The 2020 Honda Fit subcompact hatch is on sale now, bringing with it with a $25 price bump for the base LX and a $125 increase for other trim levels. It also leaves behind the optional Honda Sensing suite of safety technology for lower trim levels and drops the six-speed manual transmission choice for the upper-level EX model.
Related: Next Honda Fit TBD for USA, But Here’s 4 Cool Things About It
You still can have a stick for 2020 in the base LX and Sport versions — most 2019 Fit EX buyers probably opted for the automatic anyway. And Honda Sensing had been available only on Fits with the continuously variable automatic.
More puzzling is dropping advanced safety tech as an option for the LX and Sport. It remains standard — as it was for 2019 — for the EX and EX-L trim levels and includes forward collision warning with automatic emergency braking and pedestrian detection as well as adaptive cruise control, lane departure warning and lane keep assist. It was a $1,000 option for the cheaper trims, but maybe budget buyers balked. The move runs counter to the trend of making essential safety tech such as automatic emergency braking available, if not standard, on the way to meeting an industrywide promise to make it universally standard by 2022.
Otherwise, the 2020 carries on virtually the same as the updated Fit that rolled out for 2018 with freshened styling, Apple CarPlay and Android Auto, and Honda Sensing offered for all trim levels. And the 2020 for the U.S. is not the new-generation Fit subcompact hatch unveiled in Tokyo in October; that’s destined for global markets but not yet confirmed for the U.S. The Fit hatch has been overshadowed here by the HR-V subcompact SUV that shares its platform but gets a lot more love from U.S. buyers.

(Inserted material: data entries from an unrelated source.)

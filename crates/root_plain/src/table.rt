//! Plain roots as a store uses them: nobody waits.
ghost use Rattle.std.specs.Prelude.{◌≡◌, ℕ, ◌*◌, ◌^◌, ◌<◌, ◌≤◌, IfOk, OnErr, MatchOption};
ghost use Rattle.std.specs.Prelude.{option_map, is_some, false};
ghost use Rattle.packed_word.specs.Word.{pair_of};
ghost use Rattle.tdb_base.specs.Fakes.{counted};
ghost use Rattle.pair_nodes.specs.Roots.{RootPut, RootRefused, RootUnseen, RootFound, RootUnknown, RootRead};
ghost use Rattle.pair_nodes.specs.Roots.{IsUnlooked, ticked_if};
ghost use Rattle.pair_rule.specs.Rest.{AtRest, view, KnowsName};
ghost use Rattle.pair_rule.specs.Calls.{IsSomeRoot};
ghost use Rattle.root_plain.specs.Plain.{plain};

use crate::find::{find_id, root_pair};
use crate::put::put_root;
use crate::root::PlainRoot;
use pair_nodes::{Nodes, RootNames, RootTable};
use pair_rule::{Pass, RootPart, RootsFull};
use tdb_base::{Ledger, Steps};

/// The root table of plain mode, over a store's nodes.
#[derive(Drop)]
pub struct PlainTable<'a, const W: u32, const F: u32> {
    nodes: &'a Nodes<PlainRoot<W, F>, W, F>,
}

impl<'a, const W: u32, const F: u32> PlainTable<'a, W, F> {
    /// The roots of the store with these nodes.
    pub fn over(nodes: &'a Nodes<PlainRoot<W, F>, W, F>) -> Self
        ensures { result.nodes.now ≡ nodes.now }
    {
        PlainTable { nodes }
    }
}

impl<'a, const W: u32, const F: u32> RootNames<W, F> for PlainTable<'a, W, F> {
    ghost use Rattle.root_plain.specs.Refused.{few_plain_names};

    type Part = PlainRoot<W, F>;

    ghost store = { λ t. t.nodes.now };

    fn read(&self, pass: &mut Pass<PlainRoot<W, F>, W, F>, id: u64) -> (u64, u64)
        requires rest { AtRest plain self.now.nodes.now pass.old }
        requires named { KnowsName pass.old id }
        ensures read { RootRead plain self.now.nodes.now id result pass.old pass.new }
        ensures no_look { IsUnlooked plain (view pass.old).root (view pass.new).root }
    {
        root_pair(self.nodes, pass, id)
    }

    fn name_bytes(&self, names: u64) -> u64
        requires { names ≤ 16777216 }
        ensures all { result ≡ 8 * names }
        ensures most { result ≤ 8 * names }
    {
        8 * names
    }

    ghost few_names = { few_plain_names };
}

impl<'a, const W: u32, const F: u32> RootTable<W, F> for PlainTable<'a, W, F> {
    ghost use Rattle.root_plain.specs.Refused.{plain_refusals};

    type Part = PlainRoot<W, F>;

    ghost store = { λ t. t.nodes.now };

    fn look<L: Ledger>(
        &self,
        _pass: &mut Pass<PlainRoot<W, F>, W, F>,
        _left: u64,
        _right: u64,
        _steps: &mut Steps<L>,
    ) -> Option<u64>
        requires rest { AtRest plain self.now.nodes.now _pass.old }
        requires left { _left < 2 ^ self.now.nodes.now.about.width }
        requires right { _right < 2 ^ self.now.nodes.now.about.width }
        requires stands { IsSomeRoot self.now.nodes.now.about (view _pass.old).known
            (pair_of self.now.nodes.now.about.width _left _right) }
        ensures seen { MatchOption result (RootUnseen plain self.now.nodes.now _pass.old _pass.new)
            (λ id. RootPut plain self.now.nodes.now
            (pair_of self.now.nodes.now.about.width _left _right) id false _pass.old _pass.new) }
        ensures look { plain.after_look self.now.nodes.now.about
            (pair_of self.now.nodes.now.about.width _left _right) (is_some result)
            (view _pass.old).root (view _pass.new).root }
        ensures tick { L.count _steps.new ≡ ticked_if (is_some result) (L.count _steps.old) }
    {
        None
    }

    fn put<L: Ledger>(
        &self,
        pass: &mut Pass<PlainRoot<W, F>, W, F>,
        left: u64,
        right: u64,
        steps: &mut Steps<L>,
    ) -> Result<(u64, bool), RootsFull>
        requires rest { AtRest plain self.now.nodes.now pass.old }
        requires left { left < 2 ^ self.now.nodes.now.about.width }
        requires right { right < 2 ^ self.now.nodes.now.about.width }
        requires stands { IsSomeRoot self.now.nodes.now.about (view pass.old).known
            (pair_of self.now.nodes.now.about.width left right) }
        ensures put { IfOk result (λ a. RootPut plain self.now.nodes.now
            (pair_of self.now.nodes.now.about.width left right) a.0 a.1 pass.old pass.new) }
        ensures refused { OnErr result (RootRefused plain self.now.nodes.now
            (pair_of self.now.nodes.now.about.width left right) pass.old pass.new) }
        ensures call { plain.after_call (view pass.old).root (view pass.new).root }
        ensures tick { L.count steps.new ≡ option_map counted (L.count steps.old) }
    {
        put_root(self.nodes, pass, left, right, steps)
    }

    fn find(&self, pass: &mut Pass<PlainRoot<W, F>, W, F>, id: u64) -> Option<(u64, u64)>
        requires { AtRest plain self.now.nodes.now pass.old }
        ensures found { MatchOption result (RootUnknown plain self.now.nodes.now id pass.old pass.new)
            (λ parts. RootFound plain self.now.nodes.now id parts pass.old pass.new) }
        ensures no_look { IsUnlooked plain (view pass.old).root (view pass.new).root }
    {
        find_id(self.nodes, pass, id)
    }

    ghost refusals = { plain_refusals };
}
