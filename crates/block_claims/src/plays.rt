//! The steps on the table, and what each tells of the share that steps.

use crate::share::Share;
use atomic_table::{Join, Play, Split};

/// The fetch and add by which a block is drawn.
pub(crate) struct DrawBlock;

impl Play<(), Share> for DrawBlock {
    ghost use Rattle.block_claims.specs.Plays.{draw_tells};

    ghost then = { draw_tells };
}

/// The load after all seats were joined.
pub(crate) struct AfterJoins;

impl Play<(), Share> for AfterJoins {
    ghost use Rattle.block_claims.specs.Plays.{after_joins_tells};

    ghost then = { after_joins_tells };
}

/// How a seat for one drawer is split off.
pub(crate) struct SplitShare;

impl Split<Share> for SplitShare {
    ghost use Rattle.block_claims.specs.Shares.{parent_share, child_share};

    ghost left = { parent_share };

    ghost right = { child_share };
}

/// How two seats become one.
pub(crate) struct JoinShares;

impl Join<Share> for JoinShares {
    ghost use Rattle.block_claims.specs.Shares.{joined_share, spent_share};

    ghost both = { joined_share };

    ghost spent = { spent_share };
}
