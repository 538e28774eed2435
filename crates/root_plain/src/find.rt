//! A name's root is found by its identifier.
ghost use Rattle.std.specs.Prelude.{◌≡◌, ◌^◌, ◌<◌, ◌≤◌, ◌↔◌, IsTrue, Some, MatchOption};
ghost use Rattle.pair_nodes.specs.Roots.{RootFound, RootUnknown, RootRead};
ghost use Rattle.pair_rule.specs.Rest.{AtRest, KnowsName};
ghost use Rattle.root_plain.specs.Plain.{plain};

use crate::plays::Wanted;
use crate::root::PlainRoot;
use crate::steps::look;
use packed_word::Layout;
use pair_nodes::Nodes;
use pair_rule::Pass;

// Whether a table of `2^roots` buckets has this one.
#[inline]
fn has_bucket(roots: u32, id: u64) -> bool
    requires { roots ≤ 24 }
    ensures { IsTrue result ↔ (id < 2 ^ roots) }
{
    id < 1 << roots
}

/// The root, as its two parts, of the vector with this identifier, if it is some vector's.
///
/// `Some` is one call of the table's history, made at one atomic step, which found that vector. `None` makes
/// no call, and says that no vector has the identifier in the history that the pass has then seen. It waits
/// for nobody and takes no memory.
pub fn find_id<const W: u32, const F: u32>(
    nodes: &Nodes<PlainRoot<W, F>, W, F>,
    pass: &mut Pass<PlainRoot<W, F>, W, F>,
    id: u64,
) -> Option<(u64, u64)>
    requires rest { AtRest plain nodes.now pass.old }
    ensures { MatchOption result (RootUnknown plain nodes.now id pass.old pass.new)
        (λ parts. RootFound plain nodes.now id parts pass.old pass.new) }
{
    let table = nodes.table();
    let sizes = table.sizes();
    if !has_bucket(sizes.roots, id) {
        return None;
    }
    let word = look(table, pass, id, &Wanted::Each);
    if word == 0 {
        return None;
    }
    Some((Layout::<W, F>::left(word), Layout::<W, F>::right(word)))
}

/// The root, as its two parts, of the vector with this identifier, which is one that the pass has seen named.
/// It makes no call, waits for nobody and takes no memory.
pub fn root_pair<const W: u32, const F: u32>(
    nodes: &Nodes<PlainRoot<W, F>, W, F>,
    pass: &mut Pass<PlainRoot<W, F>, W, F>,
    id: u64,
) -> (u64, u64)
    requires rest { AtRest plain nodes.now pass.old }
    requires named { KnowsName pass.old id }
    ensures { RootRead plain nodes.now id result pass.old pass.new }
{
    let word = look(nodes.table(), pass, id, &Wanted::Nothing);
    (Layout::<W, F>::left(word), Layout::<W, F>::right(word))
}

In pricing, the 2020 LX is up $25 from 2019 thanks to an increase in the destination fee to $955; it starts at $17,145 with the manual, while the CVT adds $800. The higher trim levels are each up $125 from 2019: The 2020 Sport starts at $18,555 with the manual and $19,355 with the CVT. The automatic-only EX starts at $20,015 and EX-L at $21,575.
All Fits continue to be powered by a 130-horsepower, 1.5-liter four-cylinder engine. EPA ratings for 2020 are the same as 2019 at 29/36/31 mpg city/highway/combined for the manual LX, 33/40/36 mpg for the LX with the CVT and 31/36/33 mpg for the Sport, EX and EX-L with the CVT.